Why Railways Could Take Charge Of Financing A Crucial Stretch Of Eastern Dedicated Freight Corridor, Proposed Under Its PPP Model


The Ministry of Railways may have to abandon its search for a private agency under the struggling public-private partnership (PPP) model and move forward with funding a critical Rs 12,000-crore section of the Eastern Dedicated Freight Corridor (EDFC) on its own.

As per the Business standard report, “A proposal was moved to the Railway Board to construct the 371-km stretch between Sonnagar and New Andal through a railway organisation itself,” a senior executive of Dedicated Freight Corridor Corporation (DFCC) said.

“The project cost is close to Rs 12,000 crore now and we await approval to begin work on our own as in the rest of the corridors,” the executive quoted above said.

Following earlier reports, the government had decided to take up the development of the Sonnagar (Bihar) and New Andal (West Bengal) stretch of Eastern Dedicated Freight Corridor (EDFC) in the first phase rather than laying the rail corridor up to Dankuni as about 95 per cent of land available with them to be bid out quickly.

The PPP Model For The Eastern Freight Corridor

The Eastern Dedicated Freight Corridor (EDFC) spans 1,337 km from Sahnewal near Ludhiana in Punjab, crossing through Haryana, Uttar Pradesh, and terminating at Sonnagar in Bihar.

As part of this freight corridor, the overall 538 km stretch between Sonnagar in Bihar and Dankuni in West Bengal was proposed to be executed under the public-private partnership (PPP) mode since the beginning.

Sonnagar-Dankuni Section of Eastern Dedicated Freight Corridor (Source: DFCCIL)

The Union Budget for 2021-22 also highlighted the government’s PPP ambitions for the freight corridor.

This stretch was intended to be the apex of the railway’s monetisation efforts, providing private sector players access to the corridor’s traffic.

For the 371 km stretch between Sonnagar (Bihar) and Andal (West Bengal) — proposed to be the first PPP project — the Dedicated Freight Corridor Corporation of India (DFCCIL) had reworked the proposal to attract bidders for the Rs 12,000-crore project and de-risk the private concessionaire.

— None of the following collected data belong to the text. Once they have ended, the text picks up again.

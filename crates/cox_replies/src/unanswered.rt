//! Why a command gets no answer.
ghost use Rattle.std.specs.Prelude.{◌≡◌};
ghost use Rattle.cox_replies.specs.Putting.{unrefused};
ghost use Rattle.cox_replies.specs.declared.unanswered.Unanswered.TheVariants.{NoMemory};

use cox_command::Refusal;
use std::alloc::AllocError;

/// Why a command got no answer.
#[derive(Clone, Copy, Debug, PartialEq, Eq)]
pub enum Unanswered {
    /// It is refused.
    Refused(Refusal),
    /// Memory ran out; a prefix of the answer was put.
    NoMemory,
}

impl From<AllocError> for Unanswered {
    ghost from_gives = { λ _ e. e ≡ NoMemory };

    fn from(_: AllocError) -> Unanswered {
        Unanswered::NoMemory
    }
}

/// What became of a text that nothing refuses.
pub fn unrefused(put: Result<(), AllocError>) -> Result<(), Unanswered>
    ensures { result ≡ unrefused put }
{
    match put {
        Ok(()) => Ok(()),
        Err(_) => Err(Unanswered::NoMemory),
    }
}
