//! The ShortLex order of members: their numbers need not follow it, but what is printed does.
ghost use Rattle.std.specs.Prelude.{◌≡◌, ◌≢◌, ◌<◌, length, All};
ghost use Rattle.std.specs.List.{AllPairs};
ghost use Rattle.std.specs.List.Sorted.{IsPermutation};
ghost use Rattle.std.specs.Ordering.{nat_cmp};
ghost use Rattle.std.specs.Cmp.Lexicographic.{slice_cmp};
ghost use Rattle.cox_base.specs.ShortLex.{shortlex_cmp};
ghost use Rattle.cox_base.specs.SortedList.{IsRising};
ghost use Rattle.cox_context.specs.Numbers.{word_at};
ghost use Rattle.cox_replies.specs.Putting.{words_at};

use cox_context::Context;
use cox_klstep::Descent;
use std::cmp::Ordering;

/// Puts the numbers of distinct members into the ShortLex order of the members. Where the members are in that order, no words are compared.
pub fn put_in_order(context: &Context, numbers: &mut Vec<u32>)
    requires members { All (λ x. x < length context.now.members) numbers.old.items }
    requires distinct { AllPairs (λ x y. x ≢ y) numbers.old.items }
    ensures same { IsPermutation numbers.old.items numbers.new.items }
    ensures order { IsRising (words_at context.now.members numbers.new.items) }
{
    prove!(context.len() > 0);
    if context.is_in_order() {
        numbers.sort_unstable();
        return;
    }
    numbers.sort_unstable_by(|&i, &j| compare(context, i, j));
}

/// The ShortLex order of two members by their numbers. A number of no member is taken as that of the identity.
fn compare(context: &Context, i: u32, j: u32) -> Ordering
    ensures { result ≡ shortlex_cmp (word_at context.now.members i) (word_at context.now.members j) }
{
    let i = member_or_identity(context, i);
    let j = member_or_identity(context, j);
    match context.length(i).cmp(&context.length(j)) {
        Ordering::Equal => compare_letters(context, i, j),
        other => other,
    }
}

/// The number itself, if it is that of a member, and else that of the identity.
fn member_or_identity(context: &Context, i: u32) -> u32
    ensures member { result < length context.now.members }
    ensures word { word_at context.now.members result ≡ word_at context.now.members i }
{
    if i < context.len() { i } else { 0 }
}

/// The order of two members of one length, by the first letter that differs.
///
/// The first letter of a normal form is its least left descent. The walk ends where the rests are one member.
fn compare_letters(context: &Context, i: u32, j: u32) -> Ordering
    requires i { i < length context.now.members }
    requires j { j < length context.now.members }
    requires size { length (word_at context.now.members i) ≡ length (word_at context.now.members j) }
    ensures { result ≡ slice_cmp nat_cmp (word_at context.now.members i) (word_at context.now.members j) }
{
    prove!(context.len() > 0);
    let (mut left, mut right) = (i, j);
    while left != right {
        let first = Descent::of(context, left);
        let second = Descent::of(context, right);
        match first.letter.cmp(&second.letter) {
            Ordering::Equal => {
                left = first.lower;
                right = second.lower;
            }
            other => return other,
        }
    }
    Ordering::Equal
}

The project was revised to be developed via a design, finance, build, operate and maintain and transfer (DFBOT) model.

The Director (operations and business development) of DFCCIL, stated, “We have proposed to put 25 per cent of the project cost during the construction period. The 95 per cent land will be provided during the first year of construction and the rest will be handed over the next year. We will be responsible for utility shifting”.

The private player will be responsible for design, finance (for 75 per cent of project cost), build, operation and maintenance for the contract period and then will transfer the project to the DFCCIL.

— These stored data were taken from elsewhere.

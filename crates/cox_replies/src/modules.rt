//! The answer on the module of a left cell.
ghost use Rattle.std.specs.Prelude.{◌≡◌, ◌+◌, ◌<◌, ◌^◌, ◌∷◌, length, List, All, Contains, ℕ};
ghost use Rattle.std.specs.List.{flat_map};
ghost use Rattle.cox_base.specs.Matrix.{IsLetter, IsWord};
ghost use Rattle.cox_base.specs.IntegerMatrix.{integer_matrix};
ghost use Rattle.cox_base.specs.Members.{IsElement};
ghost use Rattle.cox_base.specs.ShortLex.{normal_form, letters};
ghost use Rattle.cox_base.specs.SortedList.{IsListOf};
ghost use Rattle.cox_context.specs.Numbers.{word_at};
ghost use Rattle.cox_rows.specs.Holding.{HasRow};
ghost use Rattle.cox_poly.specs.Puts.{Puts};
ghost use Rattle.cox_row.specs.Rising.{AreRising, AreWithin};
ghost use Rattle.cox_cells.specs.declared.kind.CellKind.TheVariants.{Left};
ghost use Rattle.cox_cells.specs.Cells.{IsInCell};
ghost use Rattle.cox_cells.specs.NumberedCells.{lists_of, list_at};
ghost use Rattle.cox_module.specs.declared.term.Term.{Term};
ghost use Rattle.cox_module.specs.Images.{AreImages};
ghost use Rattle.cox_module.specs.NumberedImages.{cell_words, image_in};
ghost use Rattle.cox_replies.specs.ModuleReply.{IsModuleText, entry_text, image_term_text, image_text, operator_text, module_text};
ghost use Rattle.cox_replies.specs.Putting.{PutsSome};

use crate::graphs::put_next_cell;
use cox_base::Word;
use cox_cells::{CellKind, cells};
use cox_context::Context;
use cox_minroots::RootTable;
use cox_module::{CellModule, Entry, Term, cell_module};
use cox_print::{NoMemory, put_count, put_end, put_half, put_image_head, put_term_head, put_text};
use cox_rows::Rows;
use cox_wgraph::WGraph;

/// Puts the module of the left cell of w, from the rows of all elements of the group.
pub fn put_module_of(
    out: &mut Vec<u8>,
    table: &RootTable,
    rows: &Rows,
    w: &Word,
) -> Result<(), NoMemory>
    requires matrix { table.now ≡ rows.now.elements.matrix }
    requires word { IsWord table.now.rank w.now.items }
    requires whole { IsListOf (IsElement (integer_matrix rows.now.elements.matrix)) rows.now.elements.members }
    requires held { (i : ℕ) → i < length rows.now.elements.members → HasRow rows.now i }
    ensures { PutsSome result (IsModuleText (integer_matrix rows.now.elements.matrix) w.now.items)
        out.old.items out.new.items }
{
    let context = rows.context();
    let Some(i) = context.number_of(table, w) else {
        unreachable!();
    };
    let cells = cells(*out.allocator(), context, rows, CellKind::Left)?;
    let cell = list_with(&cells, i);
    put_cell_of(out, rows, cell)
}

/// Puts the module of a cell, which is the cell of an element w.
fn put_cell_of(out: &mut Vec<u8>, rows: &Rows, cell: &[u32]) -> Result<(), NoMemory>
    requires held { (i : ℕ) → i < length rows.now.elements.members → HasRow rows.now i }
    requires rising { AreRising cell.now }
    requires within { AreWithin (length rows.now.elements.members) cell.now }
    ensures { let A = integer_matrix rows.now.elements.matrix in (w : List ℕ)
        → IsListOf (IsInCell Left A (normal_form A w)) (cell_words rows.now.elements.members cell.now)
        → PutsSome result (IsModuleText A w) out.old.items out.new.items }
{
    let context = rows.context();
    let graph = WGraph::build(*out.allocator(), context, rows)?;
    let action = cell_module(*out.allocator(), &graph, cell)?;
    put_cell_module(out, context, cell, &action)
}

/// The list that has the number i.
fn list_with(lists: &[Vec<u32>], i: u32) -> &[u32]
    requires { (k : ℕ) × (k < length lists.now) × Contains (list_at (lists_of lists.now) k) i }
    ensures { (k : ℕ) × (k < length lists.now) × (result.now ≡ list_at (lists_of lists.now) k) × Contains result.now i }
{
    for list in lists {
        if list.contains(&i) {
            return list;
        }
    }
    unreachable!()
}

/// Puts the module of a cell: how many elements it has, these, and their images.
fn put_cell_module(
    out: &mut Vec<u8>,
    context: &Context,
    cell: &[u32],
    action: &CellModule,
) -> Result<(), NoMemory>
    requires within { All (λ i. i < length context.now.members) cell.now }
    requires few { length cell.now < 2 ^ 32 }
    requires letters { length action.now ≡ context.now.matrix.rank }
    requires places { All (λ images. length images ≡ length cell.now) action.now }
    requires images { AreImages (integer_matrix context.now.matrix) (cell_words context.now.members cell.now) (image_in action.now) }
    ensures { let rank = context.now.matrix.rank in Puts result (module_text rank (cell_words context.now.members cell.now)
        (image_in action.now) (letters rank)) out.old.items out.new.items }
{
    put_count(out, cell.len())?;
    put_next_cell(out, context, cell)?;
    put_operators(out, context, cell, action)
}

/// Puts the images of the elements of a cell under each letter, a line for each.
fn put_operators(
    out: &mut Vec<u8>,
    context: &Context,
    cell: &[u32],
    action: &CellModule,
) -> Result<(), NoMemory>
    requires within { All (λ i. i < length context.now.members) cell.now }
    requires few { length cell.now < 2 ^ 32 }
    requires letters { length action.now ≡ context.now.matrix.rank }
    requires places { All (λ images. length images ≡ length cell.now) action.now }
    requires images { AreImages (integer_matrix context.now.matrix) (cell_words context.now.members cell.now) (image_in action.now) }
    ensures { let rank = context.now.matrix.rank in
        Puts result (flat_map (operator_text rank (cell_words context.now.members cell.now) (image_in action.now)) (letters rank))
        out.old.items out.new.items }
{
    let rank = context.matrix().rank();
    for r in 0..rank {
        put_operator(out, context, cell, action, r as u8 + 1)?;
    }
    Ok(())
}

/// Puts the images of the elements of a cell under a letter, each behind the end of the line before.
fn put_operator(
    out: &mut Vec<u8>,
    context: &Context,
    cell: &[u32],
    action: &CellModule,
    s: u8,
) -> Result<(), NoMemory>
    requires letter { IsLetter context.now.matrix.rank s }
    requires within { All (λ i. i < length context.now.members) cell.now }
    requires few { length cell.now < 2 ^ 32 }
    requires letters { length action.now ≡ context.now.matrix.rank }
    requires places { All (λ images. length images ≡ length cell.now) action.now }
    requires images { AreImages (integer_matrix context.now.matrix) (cell_words context.now.members cell.now) (image_in action.now) }
    ensures { Puts result (operator_text context.now.matrix.rank (cell_words context.now.members cell.now) (image_in action.now) s)
        out.old.items out.new.items }
{
    for k in 0..cell.len() as u32 {
        put_image(out, context, cell, s, k, action.image(s, k))?;
    }
    Ok(())
}

/// Puts the end of the line before, and then the image of the k-th element of a cell under a letter.
fn put_image(
    out: &mut Vec<u8>,
    context: &Context,
    cell: &[u32],
    s: u8,
    k: u32,
    image: &[Term],
) -> Result<(), NoMemory>
    requires place { k < length cell.now }
    requires within { All (λ i. i < length context.now.members) cell.now }
    requires terms { All (λ (t : Term). t.place < length cell.now) image.now }
    ensures { let words = cell_words context.now.members cell.now in
        Puts result (10 ∷ image_text context.now.matrix.rank words s (word_at words k) image.now) out.old.items out.new.items }
{
    let rank = context.matrix().rank();
    prove!(context.len() > 0);
    put_end(out)?;
    put_image_head(out, rank, s, &context.word(cell[k as usize]))?;
    put_terms(out, context, cell, image)
}

/// Puts the terms of an image.
fn put_terms(
    out: &mut Vec<u8>,
    context: &Context,
    cell: &[u32],
    image: &[Term],
) -> Result<(), NoMemory>
    requires within { All (λ i. i < length context.now.members) cell.now }
    requires terms { All (λ (t : Term). t.place < length cell.now) image.now }
    ensures { Puts result (flat_map (image_term_text context.now.matrix.rank (cell_words context.now.members cell.now)) image.now)
        out.old.items out.new.items }
{
    for term in image {
        put_term(out, context, cell, *term)?;
    }
    Ok(())
}

/// Puts a term: the element and its coefficient.
fn put_term(out: &mut Vec<u8>, context: &Context, cell: &[u32], term: Term) -> Result<(), NoMemory>
    requires within { All (λ i. i < length context.now.members) cell.now }
    requires place { term.place < length cell.now }
    ensures { Puts result (image_term_text context.now.matrix.rank (cell_words context.now.members cell.now) term)
        out.old.items out.new.items }
{
    let rank = context.matrix().rank();
    prove!(context.len() > 0);
    put_term_head(out, rank, &context.word(cell[term.place as usize]))?;
    put_entry(out, term.entry)
}

/// Puts a coefficient.
fn put_entry(out: &mut Vec<u8>, entry: Entry) -> Result<(), NoMemory>
    ensures { Puts result (entry_text entry) out.old.items out.new.items }
{
    match entry {
        Entry::Minus => put_text(out, b"-1"),
        Entry::Square => put_text(out, b"v^2"),
        Entry::Half(m) => put_half(out, m),
    }
}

According to the BS report, “The hybrid DBFOT was a project-specific model designed for this stretch. The plan was to bring in a private player to build and maintain the infrastructure — to isolate the concessionaire from freight traffic volatility, the provision of availability charge was made,” said a senior railway official who was among the architects of that PPP model.

However, after several years of failed deliberations, the ministry is now inclined to taking up 75 per cent of the project in engineering procurement and construction (EPC) mode.

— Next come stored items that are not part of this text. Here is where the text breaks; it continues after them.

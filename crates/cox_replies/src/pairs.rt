//! The answers on all polynomials of a row, or those at its extremal elements.
ghost use Rattle.std.specs.Prelude.{◌≡◌, ◌<◌, ℕ, List, All, length, IfOk};
ghost use Rattle.cox_base.specs.Admissible.{IsCoxeterMatrix};
ghost use Rattle.cox_base.specs.IntegerMatrix.{integer_matrix};
ghost use Rattle.cox_base.specs.ShortLex.{normal_form};
ghost use Rattle.cox_base.specs.Bruhat.{IsBelow};
ghost use Rattle.cox_hecke.specs.Family.{Family};
ghost use Rattle.cox_hecke.specs.Row.{IsRow};
ghost use Rattle.cox_base.specs.Members.{IsInInterval};
ghost use Rattle.cox_base.specs.SortedList.{IsListOf};
ghost use Rattle.cox_context.specs.Numbers.{word_at};
ghost use Rattle.cox_rows.specs.Holding.{HasRow};
ghost use Rattle.cox_poly.specs.Puts.{Puts};
ghost use Rattle.cox_replies.specs.Listed.{IsOfRow};
ghost use Rattle.cox_replies.specs.RowReply.{pairs_text, IsExtremalBelow};
ghost use Rattle.cox_replies.specs.Putting.{PutsSome, words_at};

use crate::order::put_in_order;
use cox_print::{NoMemory, put_count, put_next_pair};
use cox_row::extremal_members;
use cox_rows::Rows;
use std::alloc::Global;

/// Puts the list of the members x <= w, each with P(x,w), for the member w with the number i.
pub fn put_all_pairs(out: &mut Vec<u8>, rows: &Rows, i: u32) -> Result<(), NoMemory>
    requires group { IsCoxeterMatrix rows.now.elements.matrix }
    requires member { i < length rows.now.elements.members }
    requires there { HasRow rows.now i }
    ensures { (w : List ℕ) → word_at rows.now.elements.members i ≡ normal_form (integer_matrix rows.now.elements.matrix) w
        → PutsSome result (IsOfRow (integer_matrix rows.now.elements.matrix) w (IsInInterval (integer_matrix rows.now.elements.matrix) w)
        (pairs_text (integer_matrix rows.now.elements.matrix) w)) out.old.items out.new.items }
{
    let below = members_below(*out.allocator(), rows, i)?;
    put_pairs(out, rows, i, below.as_slice())
}

/// Puts the list of the extremal members x <= w, each with P(x,w), for the member w with the number i.
pub fn put_extremal_pairs(out: &mut Vec<u8>, rows: &Rows, i: u32) -> Result<(), NoMemory>
    requires group { IsCoxeterMatrix rows.now.elements.matrix }
    requires member { i < length rows.now.elements.members }
    requires there { HasRow rows.now i }
    ensures { (w : List ℕ) → word_at rows.now.elements.members i ≡ normal_form (integer_matrix rows.now.elements.matrix) w
        → PutsSome result (IsOfRow (integer_matrix rows.now.elements.matrix) w (IsExtremalBelow (integer_matrix rows.now.elements.matrix) w)
        (pairs_text (integer_matrix rows.now.elements.matrix) w)) out.old.items out.new.items }
{
    prove!(rows.context().len() > 0);
    let Some(row) = rows.row(i) else {
        unreachable!();
    };
    let mut extremal = extremal_members(*out.allocator(), rows.context(), row, i)?;
    put_in_order(rows.context(), &mut extremal);
    put_pairs(out, rows, i, extremal.as_slice())
}

/// Puts the list of the members with these numbers, each with its polynomial in the row of the member with the number i.
pub fn put_pairs(out: &mut Vec<u8>, rows: &Rows, i: u32, numbers: &[u32]) -> Result<(), NoMemory>
    requires group { IsCoxeterMatrix rows.now.elements.matrix }
    requires member { i < length rows.now.elements.members }
    requires there { HasRow rows.now i }
    requires members { All (λ x. x < length rows.now.elements.members) numbers.now }
    requires below { All (λ x. IsBelow (integer_matrix rows.now.elements.matrix) (word_at rows.now.elements.members x)
        (word_at rows.now.elements.members i)) numbers.now }
    ensures { (w : List ℕ) (p : Family) → word_at rows.now.elements.members i ≡ normal_form (integer_matrix rows.now.elements.matrix) w
        → IsRow (integer_matrix rows.now.elements.matrix) w p
        → Puts result (pairs_text (integer_matrix rows.now.elements.matrix) w p
        (words_at rows.now.elements.members numbers.now)) out.old.items out.new.items }
{
    let rank = rows.context().matrix().rank();
    prove!(rows.context().len() > 0);
    put_count(out, numbers.len())?;
    for &x in numbers {
        let Some(polynomial) = rows.polynomial(i, x) else {
            unreachable!();
        };
        put_next_pair(out, rank, &rows.context().word(x), &polynomial)?;
    }
    Ok(())
}

/// The numbers of the members x <= w in ShortLex order, for the member w with the number i.
pub fn members_below(alloc: Global, rows: &Rows, i: u32) -> Result<Vec<u32>, NoMemory>
    requires member { i < length rows.now.elements.members }
    ensures within { IfOk result (λ numbers. All (λ x. x < length rows.now.elements.members) numbers.items) }
    ensures below { IfOk result (λ numbers. All (λ x. IsBelow (integer_matrix rows.now.elements.matrix)
        (word_at rows.now.elements.members x) (word_at rows.now.elements.members i)) numbers.items) }
    ensures interval { (w : List ℕ) → word_at rows.now.elements.members i ≡ normal_form (integer_matrix rows.now.elements.matrix) w
        → IfOk result (λ numbers. IsListOf (IsInInterval (integer_matrix rows.now.elements.matrix) w)
        (words_at rows.now.elements.members numbers.items)) }
{
    let context = rows.context();
    prove!(context.len() > 0);
    let mut below = Vec::new(alloc);
    for x in 0..i + 1 {
        if context.below(x, i) {
            below.push(x)?;
        }
    }
    put_in_order(context, &mut below);
    Ok(below)
}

“We were hoping to look for a private player under this revised framework. However, after months, the hybrid DBFOT is yet to be approved by the Union Cabinet. It is a crucial stretch with multiple nodes stretching out to essential commodities like coal and steel. Internally, we want to ensure its completion quickly and the PPP plan may go against that,” a senior railway ministry official said, adding, due approvals, including from the Cabinet, would be required before proceeding with the plan.

Tracking The Overall Freight Corridor Progress

The DFC is the exclusive corridor for transportation of goods, and once constructed will decongest the railways’ network by moving 70 per cent of goods trains to these two corridors.

As per a Swarajya report, as much as 60 per cent of the dedicated freight corridors have been commissioned as on 31 January 2023, according to the latest progress report on the crucial railway lines.

The two Dedicated Freight Corridors (DFC) — namely Eastern and Western Dedicated Freight Corridors (EDFC and WDFC) aims to facilitate faster movement of freight traffic.

In addition to the EDFC, the 1,506-km-long WDFC runs from Dadri in Uttar Pradesh to Jawaharlal Nehru Port Terminal in Maharashtra.

A total route length of 1,724 km (861 km of EDFC and 863 km of WDFC) has been commissioned out of total 2,843 km till 31 January 2023.

Alignment of the freight corridors (DFCCIL)

The project, considered as India’s most extensive railway infrastructure development, has been under construction since 2006.

The completion of these corridors will allow the railways to enhance its customer focus and respond to market demands more efficiently.

The creation of such an expansive dedicated railway infrastructure is also anticipated to encourage the development of industrial corridors and logistics parks along its route.